▸ **Aim of the task**:
Every line containing the word "small" is to be copied from the data below.
==========
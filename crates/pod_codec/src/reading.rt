//! The value that bytes spell, or their first fault.
ghost use Rattle.std.specs.Prelude.{◌≡◌, ℕ, List, ◌+◌, ◌++◌, ◌-◌, ◌≤◌, ◌<◌, ◌⊎◌, [], length, slice_index, slice_range};
ghost use Rattle.pw_lists.specs.Limits.{depth_limit};
ghost use Rattle.std.specs.Prelude.{IfOk, IfSome, IsNone};
ghost use Rattle.pod_codec.specs.declared.pod.Pod.TheViews.{out-Pod, out-Prop, out-Control};
ghost use Rattle.pod_codec.specs.declared.pod.Pod.{Pod};
ghost use Rattle.pod_codec.specs.declared.fault.PodFault.{PodFault};
ghost use Rattle.pod_codec.specs.PodType.{child_size, choice_number, IsOther};
ghost use Rattle.pod_codec.specs.Framing.{pad8};
ghost use Rattle.pod_codec.specs.Places.{u32_at, AreAfter, IsScalarAt, HasChildren};
ghost use Rattle.pod_codec.specs.Spelling.{IsPropAt, IsControlAt, IsBodyAt, SpellsAt, FrontSpells};
ghost use Rattle.pod_codec.specs.Checks.{header_checks, body_checks, text_checks, array_checks, choice_checks, first_failed, Answers};
ghost use Rattle.pod_codec.specs.FirstFault.{IsFieldFault, IsPropFault, IsControlFault, IsBodyFault, FaultsAt, IsFirstFault, Fails};
ghost use Rattle.pod_codec.specs.ReadAnswer.{HasAnswer, IsReadAs, IsRefusedAs};
ghost use Rattle.pod_codec.specs.PodValue.{canonical};
ghost use Rattle.pod_codec.specs.Writable.{IsWritable};
ghost use Rattle.pod_codec.specs.Numbers.{NumbersFit};
ghost use Rattle.pod_codec.specs.SoundChoices.{HasSoundChoices};

use crate::children::{children_at, scalar_at};
use crate::containers::{MAX_BODY, MAX_DEPTH};
use crate::cursor::number_at;
use crate::fault::PodFault;
use crate::pod::{ChoiceKind, Control, Pod, Prop};
use crate::pod_type::size_of_child;
use pw_lists::{Items, Text};
use std::alloc::Global;

/// The size and type of the POD that begins at `at`: its header and its body are there.
fn header_at(bytes: &[u8], at: usize, end: usize) -> Result<(usize, u32), PodFault>
    requires order { at ≤ end }
    requires within { end ≤ length bytes.now }
    requires small { end ≤ 1048584 }
    ensures found { IfOk result
        (λ h. (h.0 ≡ u32_at bytes.now at) × (h.1 ≡ u32_at bytes.now (at + 4))
        × (at + 8 + pad8 h.0 ≤ end)) }
    ensures fault { Answers result (first_failed (header_checks bytes.now at end)) }
{
    let offset = at as u32;
    if end - at < 8 {
        return Err(PodFault::Short { offset });
    }
    let size = number_at(bytes, at) as usize;
    if end - (at + 8) < (size + 7) / 8 * 8 {
        return Err(PodFault::Short { offset });
    }
    Ok((size, number_at(bytes, at + 4)))
}

/// The bytes of a string before its nul.
fn text_at(alloc: Global, bytes: &[u8], at: usize, size: usize) -> Result<Text, PodFault>
    requires within { at + 8 + size ≤ length bytes.now }
    requires small { at + 8 + size ≤ 1048584 }
    ensures found { let e = at + 8 + size in
        IfOk result (λ text. (at + 8 < e) × (slice_index bytes.now (e - 1) ≡ 0)
        × (text ≡ slice_range bytes.now (at + 8) (e - 1))) }
    ensures fault { Answers result (first_failed (text_checks bytes.now at size)) }
{
    let offset = at as u32;
    if size == 0 {
        return Err(PodFault::Nul { offset });
    }
    let last = at + 8 + size - 1;
    if bytes[last] != 0 {
        return Err(PodFault::Nul { offset });
    }
    Ok(Items::from_slice(alloc, &bytes[at + 8..last])?)
}
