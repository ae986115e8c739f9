//! What both sides of a refused link admit, in words.
ghost use Rattle.std.specs.Prelude.{◌≡◌, ◌++◌, option_copied, OnOk};
ghost use Rattle.fault_messages.specs.RefusedSides.{is_entry, entry_of, side_words, number_words, pair_hint};
ghost use Rattle.fault_messages.specs.RefusedSides.{both_said, node_said, sides_said, map_part, sides_part};

use crate::link_ends::put_end_behind;
use crate::map_hints::{channel_hint, one_two_hint};
use format_filter::Choice;
use pw_graph::{LinkLine, PlanNode, PortId};
use pw_lists::{Memory, Text, append_decimal};
use refused_links::{RefusedLink, Sides, put_choice};

/// The keys of the rate and of the channels of a format.
const RATE_KEY: u32 = 65539;

const CHANNELS_KEY: u32 = 65540;

// Whether an entry is of this line and this key.
fn is_entry(number: u32, key: u32, entry: &RefusedLink) -> bool
    ensures { result ≡ is_entry number key entry.now }
{
    entry.line == number && entry.key == key
}

// The entry of a line of the script and of a key, if there is one.
fn entry_of(refused: &[RefusedLink], number: u32, key: u32) -> Option<&RefusedLink>
    ensures { option_copied result ≡ entry_of refused.now number key }
{
    refused.iter().find(|entry| is_entry(number, key, entry))
}

// What an offer admits.
fn put_side(text: &mut Text, side: &Option<Choice>) -> Result<(), Memory>
    ensures { OnOk result (text.new ≡ text.old ++ side_words side.now) }
{
    match side {
        None => text.extend(b"none"),
        Some(choice) => put_choice(text, choice),
    }
}

// What a node has.
fn put_shared(text: &mut Text, shared: Option<u32>) -> Result<(), Memory>
    ensures { OnOk result (text.new ≡ text.old ++ number_words shared) }
{
    match shared {
        None => text.extend(b"none"),
        Some(n) => append_decimal(text, u64::from(n)),
    }
}

// What helps where two offers part.
#[tactic(auto, unfolding(crate::specs::RefusedSides::pair_hint))]
fn pair_hint(
    nodes: &[PlanNode],
    link: LinkLine,
    key: u32,
    from: &Option<Choice>,
    to: &Option<Choice>,
) -> &'static [u8]
    ensures { result.now ≡ pair_hint nodes.now link key from.now to.now }
{
    if key == RATE_KEY {
        b"; no node changes a rate, but sox IN -r RATE OUT does"
    } else if key == CHANNELS_KEY {
        channel_hint(nodes, link, one_two_hint(from, to))
    } else {
        b""
    }
}

// Of two offers, with what helps.
#[tactic(auto, unfolding(crate::specs::RefusedSides::both_said))]
fn put_both_said(
    text: &mut Text,
    from: &Option<Choice>,
    to: &Option<Choice>,
    hint: &[u8],
) -> Result<(), Memory>
    ensures { OnOk result (text.new ≡ text.old ++ both_said from.now to.now hint.now) }
{
    text.extend(b": ")?;
    put_side(text, from)?;
    text.extend(b" and ")?;
    put_side(text, to)?;
    text.extend(hint)
}

// Of a port whose own offer does not admit what its node has.
#[tactic(auto, unfolding(crate::specs::RefusedSides::node_said))]
fn put_node_said(
    text: &mut Text,
    nodes: &[PlanNode],
    port: PortId,
    own: &Option<Choice>,
    shared: Option<u32>,
) -> Result<(), Memory>
    ensures { OnOk result (text.new ≡ text.old ++ node_said nodes.now port own.now shared) }
{
    text.extend(b": ")?;
    put_end_behind(text, nodes, port, b" admits ")?;
    put_side(text, own)?;
    text.extend(b", and its node has ")?;
    put_shared(text, shared)
}

fn put_sides_said(
    text: &mut Text,
    nodes: &[PlanNode],
    link: LinkLine,
    key: u32,
    sides: &Sides,
) -> Result<(), Memory>
    ensures { OnOk result (text.new ≡ text.old ++ sides_said nodes.now link key sides.now) }
{
    match sides {
        Sides::Both { from, to } => {
            put_both_said(text, from, to, pair_hint(nodes, link, key, from, to))
        }
        Sides::Node { port, own, shared } => put_node_said(text, nodes, *port, own, *shared),
    }
}

// What helps where the key is that of the channels.
fn map_part(nodes: &[PlanNode], link: LinkLine, key: u32) -> &'static [u8]
    ensures { result.now ≡ map_part nodes.now link key }
{
    if key == CHANNELS_KEY {
        channel_hint(
            nodes,
            link,
            b"; where one side has one channel and the other two, map NAME 1 0,0 makes two of one",
        )
    } else {
        b""
    }
}

/// What both sides of the link of a line admit at a key, where that is known; else, of channels, a
/// rule.
pub fn put_sides(
    text: &mut Text,
    nodes: &[PlanNode],
    refused: &[RefusedLink],
    number: u32,
    link: LinkLine,
    key: u32,
) -> Result<(), Memory>
    ensures { OnOk result (text.new ≡ text.old
        ++ sides_part nodes.now link key (entry_of refused.now number key)) }
{
    match entry_of(refused, number, key) {
        None => text.extend(map_part(nodes, link, key)),
        Some(entry) => put_sides_said(text, nodes, link, key, &entry.sides),
    }
}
==========
▸ **Solution to the problem**:
    requires small { end ≤ 1048584 }
    requires small { at + 8 + size ≤ 1048584 }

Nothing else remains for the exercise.